Data Profiling
Data Profiling Introduction
Blindata’s Data Profiling Framework is SQL-based, which offers several advantages over other methods:
- Extreme Personalization: The profiling Metrics are customizable and extendable in order to meet specific needs and preferences. SQL queries can be used to define and calculate any Metric that is relevant for data quality, such as completeness, validity, accuracy, consistency, timeliness, uniqueness, or cardinality. SQL functions enable to perform complex transformations, aggregations, or validations on data.
- Preserved confidentiality: SQL expressions anonymize or exclude any data whose aggregates or metrics that may disclose confidential information, such revenues, wages and other confidential datasets. This protects sensitive or confidential data from unauthorized viewer or any form of exposure.
- Costs saving: SQL commands take advantage of the existing computational capacity and resources, such as databases and systems, without moving or copying any data. This avoids additional network costs, prevents latency issues and data duplication and preserves the confidentiality and integrity of data, by minimizing the risk of data breaches or corruption.

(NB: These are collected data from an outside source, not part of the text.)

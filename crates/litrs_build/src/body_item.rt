//! The items of a body, read one by one.
ghost use Rattle.std.specs.Prelude.{◌≡◌, ◌==◌, ℕ, List, IsTrue, IsFalse, drop};
ghost use Rattle.litrs_base.specs.Characters.{backslash, line_feed};
ghost use Rattle.litrs_base.specs.Text.{first_passes};
ghost use Rattle.litrs_base.specs.declared.quotes.Switches.{Switches};
ghost use Rattle.litrs_grammar.specs.Escape.{Escape, escape_value};
ghost use Rattle.litrs_grammar.specs.Quoted.{Item};
ghost use Rattle.litrs_build.specs.BodyItem.{BeginsWithItem, IsItemRead, IsLetterOf};
ghost use Rattle.litrs_build.specs.Rewriting.{own_spelling};

use crate::spelling::Spelling;
use litrs_lex::{Run, Switches, Unescape, run_end, unescape_with};

/// An item of a body.
#[derive(Clone, Copy)]
pub(crate) enum BodyItem {
    /// A character.
    Plain(char),
    /// An escape: its spelling in its own form, and its value.
    Escape(Spelling, Unescape),
    /// A continuation.
    Continuation,
}

/// Reads the item at the front of `rest`. Returns it and its length in bytes.
pub(crate) fn read_item(rest: &str, allowed: Switches) -> (BodyItem, usize)
    requires { (item : Item) × (after : List ℕ) × BeginsWithItem allowed rest.now item after }
    ensures { (item : Item) (after : List ℕ) → BeginsWithItem allowed rest.now item after →
        IsItemRead result.0 result.1 item }
{
    let bytes = rest.as_bytes();
    if !starts_with(bytes, b'\\') {
        return read_plain(rest);
    }
    let after = &bytes[1..];
    if starts_with(after, b'\n') {
        (
            BodyItem::Continuation,
            2 + run_end(&after[1..], Run::Blanks),
        )
    } else {
        read_escape(rest, allowed)
    }
}

pub(crate) fn starts_with(bytes: &[u8], byte: u8) -> bool
    ensures { result ≡ first_passes (λ c. c == byte) bytes.now }
{
    match bytes {
        [first, ..] => *first == byte,
        [] => false,
    }
}

/// Reads the character at the front of `rest`.
fn read_plain(rest: &str) -> (BodyItem, usize)
    requires item { (w : Switches) × (item : Item) × (after : List ℕ)
        × BeginsWithItem w rest.now item after }
    requires plain { IsFalse (first_passes (λ c. c == backslash) rest.now) }
    ensures { (w : Switches) (item : Item) (after : List ℕ) →
        BeginsWithItem w rest.now item after → IsItemRead result.0 result.1 item }
{
    match rest.chars().next() {
        Some(c) => (BodyItem::Plain(c), c.len_utf8()),
        None => unreachable!(),
    }
}

/// Reads the escape at the front of `rest`.
fn read_escape(rest: &str, allowed: Switches) -> (BodyItem, usize)
    requires item { (item : Item) × (after : List ℕ) × BeginsWithItem allowed rest.now item after }
    requires escape { IsTrue (first_passes (λ c. c == backslash) rest.now) }
    requires letter { IsFalse (first_passes (λ c. c == line_feed) (drop 1 rest.now)) }
    ensures { (item : Item) (after : List ℕ) → BeginsWithItem allowed rest.now item after →
        IsItemRead result.0 result.1 item }
{
    match unescape_with(rest, allowed) {
        Ok((value, len)) => {
            let spelling = own_spelling(rest.as_bytes()[1], value);
            (BodyItem::Escape(spelling, value), len)
        }
        Err(_) => unreachable!(),
    }
}

/// Returns the spelling, in its own form, of an escape with this value and with this letter after
/// the backslash.
fn own_spelling(letter: u8, value: Unescape) -> Spelling
    ensures { (e : Escape) → IsLetterOf letter e → value ≡ escape_value e →
        result ≡ own_spelling e }
{
    match value {
        Unescape::Unicode(c) => Spelling::Unicode(c),
        Unescape::Byte(b) => {
            if letter == b'x' {
                Spelling::Hex(b)
            } else {
                Spelling::Simple(char::from(letter))
            }
        }
    }
}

Data Profiling Framework Structure
The Data Profiling Framework is based on Monitors and Metrics ( a detailed definition can be found here ).

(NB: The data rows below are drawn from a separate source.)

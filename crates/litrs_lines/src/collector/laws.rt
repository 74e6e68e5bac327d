//! Laws of the steps of a text.
ghost use Rattle.litrs_lines.specs.StepLaws.{StepsAreDecided, StepsAreUnique};

/// Proves that each text is a literal, continues in the next line, or is rejected.
pub fn steps_are_decided()
    ensures { StepsAreDecided }
{}

/// Proves that no text has two steps.
pub fn steps_are_unique()
    ensures { StepsAreUnique }
{}
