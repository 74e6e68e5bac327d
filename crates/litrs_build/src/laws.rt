//! Laws of what is written.
ghost use Rattle.litrs_build.specs.Laws.{CharsArePrintable, BytesArePrintable, StringsArePrintable, ByteStringsArePrintable, CStringsArePrintable, RawLiteralsNeedHashes, RawLiteralsAreBuilt};

/// Proves that every character between the quotes of a char is printable.
#[tactic(auto, using(crate::proofs::PrintableTexts::chars_are_printable))]
pub fn chars_are_printable()
    ensures { CharsArePrintable }
{}

/// Proves that every character between the quotes of a byte is printable.
#[tactic(auto, using(crate::proofs::PrintableTexts::bytes_are_printable))]
pub fn bytes_are_printable()
    ensures { BytesArePrintable }
{}

/// Proves that every character between the quotes of a string is printable.
#[tactic(auto, using(crate::proofs::PrintableTexts::strings_are_printable))]
pub fn strings_are_printable()
    ensures { StringsArePrintable }
{}

/// Proves that every character between the quotes of a byte string is printable.
#[tactic(auto, using(crate::proofs::PrintableTexts::byte_strings_are_printable))]
pub fn byte_strings_are_printable()
    ensures { ByteStringsArePrintable }
{}

/// Proves that every character between the quotes of a C string is printable.
#[tactic(auto, using(crate::proofs::PrintableTexts::c_strings_are_printable))]
pub fn c_strings_are_printable()
    ensures { CStringsArePrintable }
{}

/// Proves that no raw literal has fewer hashes than its body needs.
#[tactic(auto, using(crate::proofs::Hashes::raw_literals_need_hashes))]
pub fn raw_literals_need_hashes()
    ensures { RawLiteralsNeedHashes }
{}

/// Proves that a raw literal can be built from the value and the suffix of any raw literal.
#[tactic(auto, using(crate::proofs::RawLiterals::raw_literals_are_built))]
pub fn raw_literals_are_built()
    ensures { RawLiteralsAreBuilt }
{}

Starting from a single data asset ( e.g. Physical Entity), it is possible to define one or more Monitors. A Monitor serves both to schedule the execution of a profiling SQL query and to define data partitioning logics, for specifying which data of the Physical Entity needs to be profiled.
A Monitor contains a set of profiling Metrics, representing various profiling data collected by the Monitor during its executions. In a more pragmatic sense, each Metric is a series of data collected over time.